Find the IP sending a SYN packet to port 80:
protocol==TCP flags==SYN destport==80
1. Introduction
Welcome to the Packet Capture Simulation Platform, a safe, interactive tool to learn network packet capture and analysis. Practice with TCP, UDP, DNS, HTTP, ICMP, and more, without needing a live network.
Learning Outcomes:
- Understand network traffic flow between devices.
- Recognize common network protocols.
- Apply filters to focus on specific traffic.
- Analyze suspicious or abnormal packet patterns.
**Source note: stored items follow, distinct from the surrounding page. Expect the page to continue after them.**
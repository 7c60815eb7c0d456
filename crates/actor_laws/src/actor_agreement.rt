//! Each step of a node and of the clearinghouse keeps agreement with the serial meaning, by value.
//!
//! A node agrees (specs/Values) where each content that it holds does, and what its last answers to
//! thieves give away; a packet where the task of its Grant or the content of its Offer does.
//! `what_a_node_does_agrees`: whatever packet that agrees comes to a node that agrees, in whatever
//! state, and whatever call is made of it, it agrees after that, and so does all that it sends; and
//! each value that is put into a slot is the one that the serial run puts there.
//! `what_the_house_does_agrees` says it of the clearinghouse. That a Result tells the outcome of
//! the task that was granted, and that a grant is new, is no matter of one step: it is asked here,
//! and follows from the whole run.

mod laws;

pub use laws::{what_a_node_does_agrees, what_the_house_does_agrees};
- Gain hands-on experience similar to using Wireshark.
2. Navigation Overview
The platform is divided into sections accessible via the sidebar:
| Section | Description |
|---|---|
| Welcome | Introduction and learning goals |
| What is Wireshark? | Overview of Wireshark and features |
| How It Works | Explanation of capture, decoding, display, filtering |
| Simulation Examples | Guided exercises for TCP, DNS, and filtering |
| Learn More | Official documentation links |
| Terminology | Glossary of key terms |
| Scenarios & Workspace | Interactive lab environment |
| Filter Queries | Examples of packet filters |
| Query Exercises | Step-by-step packet analysis exercises |
| Charts | Visual analytics of captured packet data |
3. Using the Simulation
3.1 Capture Workspace
Simulate network traffic and interact with captured packets. Controls:
- Filter input: Filter packets by protocol or IP.
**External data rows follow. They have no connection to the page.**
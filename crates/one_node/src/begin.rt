ghost use Rattle.std.specs.Prelude.{◌≡◌, IfOk, Some, []};
ghost use Rattle.ids.specs.Names.{house_of};
ghost use Rattle.agreement_laws.specs.Agreement.{TaskAgrees};
ghost use Rattle.one_node.specs.Runs.{own_grant, post_of, root_task, run_of, start_of};
ghost use Rattle.one_node.specs.Holding.{Holds};

use agreement_laws::{granted_content_agrees, root_content_agrees};
use ids::{Actor, Epoch, FrameNo, GrantId, Numbers, Place, Task};
use level_deques::{Post, Posts};
use serial_meaning::Job;
use std::alloc::{AllocError, Global};
use sub_rules::{Content, Readied, granted};

/// A run between its turns: what its subcomputation holds, and the posts of the ready frames.
#[derive(Drop)]
pub struct Run {
    pub content: Content,
    pub posts: Posts,
}

/// The run of a job before its first turn.
pub fn begun(alloc: Global, job: &Job) -> Result<Run, AllocError>
    ensures start { IfOk result (λ run. start_of job.now ≡ Some (run_of run)) }
    ensures holds { IfOk result (λ run. Holds job.now (run_of run)) }
{
    let _ = job.checked();
    granted_content_agrees();
    let content = granted(alloc, house(), root_task(alloc, job)?)?;
    let mut posts = Posts::new(alloc);
    posts.post(post_of(Readied {
        frame: FrameNo::of(0),
        level: content.task.place.level(),
    }))?;
    Ok(Run { content, posts })
}

/// The task of a job: at the root, thread `main` on the input.
fn root_task(alloc: Global, job: &Job) -> Result<Task, AllocError>
    ensures task { IfOk result (λ task. root_task job.now ≡ Some task) }
    ensures agrees { IfOk result (λ task. TaskAgrees job.now task) }
    ensures rooted { IfOk result (λ task. task.place ≡ []) }
{
    root_content_agrees();
    let _ = job.checked();
    Ok(Task {
        place: Place::root(alloc),
        thread: job.main(),
        numbers: Numbers::copy_of(alloc, job.input())?,
    })
}

/// The clearinghouse in its first epoch.
fn house() -> Actor
    ensures { result ≡ house_of 1 }
{
    Epoch::of(1).unwrap().house()
}

/// The name under which the frames of a run on one node are posted.
pub fn own_grant() -> GrantId
    ensures { result ≡ own_grant }
{
    GrantId::of(house(), 1).unwrap()
}

/// The post of a frame that became ready.
pub fn post_of(readied: Readied) -> Post
    ensures { result ≡ post_of readied }
{
    Post {
        level: readied.level,
        grant: own_grant(),
        frame: readied.frame,
    }
}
- Start Capture: Begin capturing packets.
- Stop Capture: Pause capture.
- Clear Packets: Remove captured packets.
- Scenario Buttons: Simulate TCP handshake, DNS query, ICMP ping, HTTP transactions.
3.2 Scenarios
| Scenario | Purpose |
|---|---|
| TCP Handshake | Demonstrates 3-way handshake (SYN → SYN/ACK → ACK) |
| DNS Query | Client queries DNS server |
| ICMP Ping | ICMP echo request and reply |
| HTTP Transaction | Simulates HTTP GET and POST requests |
3.3 Packet Table
Columns:
- Time: Capture timestamp
- Source / Destination: IP addresses
- Protocol: TCP, UDP, DNS, HTTP, ICMP
- Length: Packet size in bytes
- Info: Packet summary
Click a packet for details pane and raw bytes.
3.4 Filtering Packets
Filter examples:
| Type | Example | Description |
|---|---|---|
| Basic | tcp | Show only TCP packets |
| IP Specific | ip.addr == 192.168.1.2 | Packets from/to IP |
| Field Equality | protocol==udp | UDP packets only |
| Negation | source!=192.168.1.2 | Exclude source IP |
| Multiple Values | protocol==tcp,udp | TCP or UDP packets |
| AND Conditions | protocol==tcp source==192.168.1.2 | TCP from specific source |
| OR Conditions | protocol==tcp|udp | TCP or UDP packets |
| Flags | flags==syn | Packets with SYN flag |
| Complex | (protocol==tcp|udp flags==syn|ack) source==192.168.1.2 length>60 | Multi-condition filter |
3.5 Query Exercises
3.6 Terminology Glossary
- Frame: Link-layer representation of network data
- Encapsulation: Wrapping data in protocol headers
- Payload: Actual content inside the packet
- Handshake: Initial negotiation between devices
- Retransmission: Resending lost packets
- Duplicate ACK: Repeated ACK indicating packet loss
- Checksum: Ensures packet integrity
- MTU: Maximum Transmission Unit
- Promiscuous Mode: NIC captures all traffic
- SPAN/Port Mirroring: Switch copies traffic to monitoring port
- Follow TCP Stream: Reconstructs TCP conversation
- Coloring Rules: Highlight specific packets
- Expert Info: Warnings/anomalies highlighted
- RTT: Round-trip time for a packet
- Malformed Packet: Protocol violation
- Decryption: Inspect encrypted payloads with keys
4. Best Practices
- Start with simple filters and gradually increase complexity.
- Observe TCP handshakes and DNS query patterns.
- Identify unusual traffic (unexpected IPs, strange flags, large packets).
- Use glossary for unfamiliar terms.
- Combine multiple filters for detailed analysis.
5. Learning Path Recommendations
- Explore Welcome, What is Wireshark?, How It Works.
- Try Simulation Examples.
- Practice Filter Queries.
- Complete Query Exercises.
- Analyze trends using Charts.
- Refer to Terminology Glossary for key concepts.